Saved data entries
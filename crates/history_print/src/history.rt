//! The text of a whole history.
ghost use Rattle.std.specs.Prelude.{◌≡◌, ◌++◌, take, length, vec_len, OnOk, OnErr};
ghost use Rattle.std.specs.List.{flat_map};
ghost use Rattle.history_print.specs.Acts.{act_line};
ghost use Rattle.history_print.specs.Text.{summary_text, text};

use crate::acts::write_act;
use crate::summary::write_summary;
use grid_model::{Act, Document};
use score_base::Memory;

/// Appends the lines of these acts. After [`Memory`] `out` is as before.
fn write_acts(acts: &[Act], out: &mut Vec<u8>) -> Result<(), Memory>
    ensures ok { OnOk result (out.new.items ≡ out.old.items ++ flat_map act_line acts.now) }
    ensures err { OnErr result (out.new.items ≡ out.old.items) }
{
    let len = out.len();
    for act in acts {
        match write_act(act, out) {
            Ok(()) => {}
            Err(e) => {
                out.truncate(len);
                return Err(e);
            }
        }
    }
    Ok(())
}

/// Appends the text of a run with these acts: their lines and the summary. After [`Memory`] `out` is as
/// before.
pub fn write_history(doc: &Document, acts: &[Act], out: &mut Vec<u8>) -> Result<(), Memory>
    ensures ok { OnOk result (out.new.items ≡ out.old.items ++ text acts.now doc.now) }
    ensures err { OnErr result (out.new.items ≡ out.old.items) }
{
    let len = out.len();
    write_acts(acts, out)?;
    match write_summary(doc, acts, out) {
        Ok(()) => Ok(()),
        Err(e) => {
            out.truncate(len);
            Err(e)
        }
    }
}
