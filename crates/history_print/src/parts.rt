//! The words of what acts and messages carry: outcomes, causes, ballots, dates, heads of records.
ghost use Rattle.std.specs.Prelude.{◌≡◌, ◌++◌, OnOk};
ghost use Rattle.history_print.specs.Acts.{spaced, outcome_words, cause_words, ballot_words, date_words, flag_words, record_words, head_words};

use crate::words::{put_ident, put_key, put_tx, put_word};
use grid_model::{Flag, Head};
use score_base::{Ballot, Cause, Date, Memory, Outcome};

/// Appends how a transaction ended.
#[tactic(auto, unfolding(crate::specs::Acts::outcome_words))]
pub fn put_outcome(out: &mut Vec<u8>, outcome: &Outcome) -> Result<(), Memory>
    ensures { OnOk result (out.new.items ≡ out.old.items ++ spaced (outcome_words outcome.now)) }
{
    match outcome {
        Outcome::Commit(f) => {
            put_word(out, b"commit")?;
            put_ident(out, *f)
        }
        Outcome::Abort => put_word(out, b"abort"),
    }
}

/// Appends the cause of a no.
#[tactic(auto, unfolding(crate::specs::Acts::cause_words))]
pub fn put_cause(out: &mut Vec<u8>, cause: &Cause) -> Result<(), Memory>
    ensures { OnOk result (out.new.items ≡ out.old.items ++ spaced (cause_words cause.now)) }
{
    match cause {
        Cause::Holder(u) => {
            put_word(out, b"holder")?;
            put_tx(out, *u)
        }
        Cause::Newer(key, f) => {
            put_word(out, b"newer")?;
            put_key(out, key)?;
            put_ident(out, *f)
        }
    }
}

/// Appends a vote.
#[tactic(auto, unfolding(crate::specs::Acts::ballot_words))]
pub fn put_ballot(out: &mut Vec<u8>, ballot: &Ballot) -> Result<(), Memory>
    ensures { OnOk result (out.new.items ≡ out.old.items ++ spaced (ballot_words ballot.now)) }
{
    match ballot {
        Ballot::Yes(p) => {
            put_word(out, b"yes")?;
            put_ident(out, *p)
        }
        Ballot::No(cause) => {
            put_word(out, b"no")?;
            put_cause(out, cause)
        }
    }
}

/// Appends how a read request is dated.
#[tactic(auto, unfolding(crate::specs::Acts::date_words))]
pub fn put_date(out: &mut Vec<u8>, date: &Date) -> Result<(), Memory>
    ensures { OnOk result (out.new.items ≡ out.old.items ++ spaced (date_words date.now)) }
{
    match date {
        Date::First(sid0) => {
            put_word(out, b"first")?;
            put_ident(out, *sid0)
        }
        Date::At(sid) => {
            put_word(out, b"at")?;
            put_ident(out, *sid)
        }
    }
}

/// Appends what an opening found.
#[tactic(auto, unfolding(crate::specs::Acts::flag_words))]
pub fn put_flag(out: &mut Vec<u8>, flag: Flag) -> Result<(), Memory>
    ensures { OnOk result (out.new.items ≡ out.old.items ++ spaced (flag_words flag)) }
{
    match flag {
        Flag::Untouched => put_word(out, b"none"),
        Flag::Kept => put_word(out, b"kept"),
        Flag::Gone => put_word(out, b"gone"),
    }
}

/// Appends the head of a record.
#[tactic(auto, unfolding(crate::specs::Acts::record_words))]
pub fn put_record(out: &mut Vec<u8>, head: &Head) -> Result<(), Memory>
    ensures { OnOk result (out.new.items ≡ out.old.items ++ spaced (record_words head.now)) }
{
    match head {
        Head::Prepared(t, p) => {
            put_word(out, b"prepared")?;
            put_tx(out, *t)?;
            put_ident(out, *p)
        }
        Head::Ended(t, outcome) => {
            put_word(out, b"ended")?;
            put_tx(out, *t)?;
            put_outcome(out, outcome)
        }
        Head::Ceiling(c) => {
            put_word(out, b"ceiling")?;
            put_ident(out, *c)
        }
        Head::Decided(t, f) => {
            put_word(out, b"decided")?;
            put_tx(out, *t)?;
            put_ident(out, *f)
        }
        Head::Closed(t) => {
            put_word(out, b"closed")?;
            put_tx(out, *t)
        }
        Head::Compact => put_word(out, b"compact"),
    }
}

/// Appends the head of the record that was being written, or `none`.
#[tactic(auto, unfolding(crate::specs::Acts::head_words))]
pub fn put_head(out: &mut Vec<u8>, head: &Option<Head>) -> Result<(), Memory>
    ensures { OnOk result (out.new.items ≡ out.old.items ++ spaced (head_words head.now)) }
{
    match head {
        None => put_word(out, b"none"),
        Some(head) => put_record(out, head),
    }
}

HOW TO COMPLETE THIS TASK
Each record above has to be retyped exactly, with nothing left out.

SOLVED PROBLEM
filename crates/history_print/src/history.rt
//! The text of a whole history.
ghost use Rattle.std.specs.Prelude.{◌≡◌, ◌++◌, take, length, vec_len, OnOk, OnErr};
ghost use Rattle.std.specs.List.{flat_map};
ghost use Rattle.history_print.specs.Acts.{act_line};
ghost use Rattle.history_print.specs.Text.{summary_text, text};

use crate::acts::write_act;
use crate::summary::write_summary;
use grid_model::{Act, Document};
use score_base::Memory;

/// Appends the lines of these acts. After [`Memory`] `out` is as before.
fn write_acts(acts: &[Act], out: &mut Vec<u8>) -> Result<(), Memory>
    ensures ok { OnOk result (out.new.items ≡ out.old.items ++ flat_map act_line acts.now) }
    ensures err { OnErr result (out.new.items ≡ out.old.items) }
{
    let len = out.len();
    for act in acts {
        match write_act(act, out) {
            Ok(()) => {}
            Err(e) => {
                out.truncate(len);
                return Err(e);
            }
        }
    }
    Ok(())
}

/// Appends the text of a run with these acts: their lines and the summary. After [`Memory`] `out` is as
/// before.
pub fn write_history(doc: &Document, acts: &[Act], out: &mut Vec<u8>) -> Result<(), Memory>
    ensures ok { OnOk result (out.new.items ≡ out.old.items ++ text acts.now doc.now) }
    ensures err { OnErr result (out.new.items ≡ out.old.items) }
{
    let len = out.len();
    write_acts(acts, out)?;
    match write_summary(doc, acts, out) {
        Ok(()) => Ok(()),
        Err(e) => {
            out.truncate(len);
            Err(e)
        }
    }
}
filename crates/history_print/src/parts.rt
//! The words of what acts and messages carry: outcomes, causes, ballots, dates, heads of records.
ghost use Rattle.std.specs.Prelude.{◌≡◌, ◌++◌, OnOk};
ghost use Rattle.history_print.specs.Acts.{spaced, outcome_words, cause_words, ballot_words, date_words, flag_words, record_words, head_words};

use crate::words::{put_ident, put_key, put_tx, put_word};
use grid_model::{Flag, Head};
use score_base::{Ballot, Cause, Date, Memory, Outcome};

/// Appends how a transaction ended.
#[tactic(auto, unfolding(crate::specs::Acts::outcome_words))]
pub fn put_outcome(out: &mut Vec<u8>, outcome: &Outcome) -> Result<(), Memory>
    ensures { OnOk result (out.new.items ≡ out.old.items ++ spaced (outcome_words outcome.now)) }
{
    match outcome {
        Outcome::Commit(f) => {
            put_word(out, b"commit")?;
            put_ident(out, *f)
        }
        Outcome::Abort => put_word(out, b"abort"),
    }
}

/// Appends the cause of a no.
#[tactic(auto, unfolding(crate::specs::Acts::cause_words))]
pub fn put_cause(out: &mut Vec<u8>, cause: &Cause) -> Result<(), Memory>
    ensures { OnOk result (out.new.items ≡ out.old.items ++ spaced (cause_words cause.now)) }
{
    match cause {
        Cause::Holder(u) => {
            put_word(out, b"holder")?;
            put_tx(out, *u)
        }
        Cause::Newer(key, f) => {
            put_word(out, b"newer")?;
            put_key(out, key)?;
            put_ident(out, *f)
        }
    }
}

/// Appends a vote.
#[tactic(auto, unfolding(crate::specs::Acts::ballot_words))]
pub fn put_ballot(out: &mut Vec<u8>, ballot: &Ballot) -> Result<(), Memory>
    ensures { OnOk result (out.new.items ≡ out.old.items ++ spaced (ballot_words ballot.now)) }
{
    match ballot {
        Ballot::Yes(p) => {
            put_word(out, b"yes")?;
            put_ident(out, *p)
        }
        Ballot::No(cause) => {
            put_word(out, b"no")?;
            put_cause(out, cause)
        }
    }
}

/// Appends how a read request is dated.
#[tactic(auto, unfolding(crate::specs::Acts::date_words))]
pub fn put_date(out: &mut Vec<u8>, date: &Date) -> Result<(), Memory>
    ensures { OnOk result (out.new.items ≡ out.old.items ++ spaced (date_words date.now)) }
{
    match date {
        Date::First(sid0) => {
            put_word(out, b"first")?;
            put_ident(out, *sid0)
        }
        Date::At(sid) => {
            put_word(out, b"at")?;
            put_ident(out, *sid)
        }
    }
}

/// Appends what an opening found.
#[tactic(auto, unfolding(crate::specs::Acts::flag_words))]
pub fn put_flag(out: &mut Vec<u8>, flag: Flag) -> Result<(), Memory>
    ensures { OnOk result (out.new.items ≡ out.old.items ++ spaced (flag_words flag)) }
{
    match flag {
        Flag::Untouched => put_word(out, b"none"),
        Flag::Kept => put_word(out, b"kept"),
        Flag::Gone => put_word(out, b"gone"),
    }
}

/// Appends the head of a record.
#[tactic(auto, unfolding(crate::specs::Acts::record_words))]
pub fn put_record(out: &mut Vec<u8>, head: &Head) -> Result<(), Memory>
    ensures { OnOk result (out.new.items ≡ out.old.items ++ spaced (record_words head.now)) }
{
    match head {
        Head::Prepared(t, p) => {
            put_word(out, b"prepared")?;
            put_tx(out, *t)?;
            put_ident(out, *p)
        }
        Head::Ended(t, outcome) => {
            put_word(out, b"ended")?;
            put_tx(out, *t)?;
            put_outcome(out, outcome)
        }
        Head::Ceiling(c) => {
            put_word(out, b"ceiling")?;
            put_ident(out, *c)
        }
        Head::Decided(t, f) => {
            put_word(out, b"decided")?;
            put_tx(out, *t)?;
            put_ident(out, *f)
        }
        Head::Closed(t) => {
            put_word(out, b"closed")?;
            put_tx(out, *t)
        }
        Head::Compact => put_word(out, b"compact"),
    }
}

/// Appends the head of the record that was being written, or `none`.
#[tactic(auto, unfolding(crate::specs::Acts::head_words))]
pub fn put_head(out: &mut Vec<u8>, head: &Option<Head>) -> Result<(), Memory>
    ensures { OnOk result (out.new.items ≡ out.old.items ++ spaced (head_words head.now)) }
{
    match head {
        None => put_word(out, b"none"),
        Some(head) => put_record(out, head),
    }
}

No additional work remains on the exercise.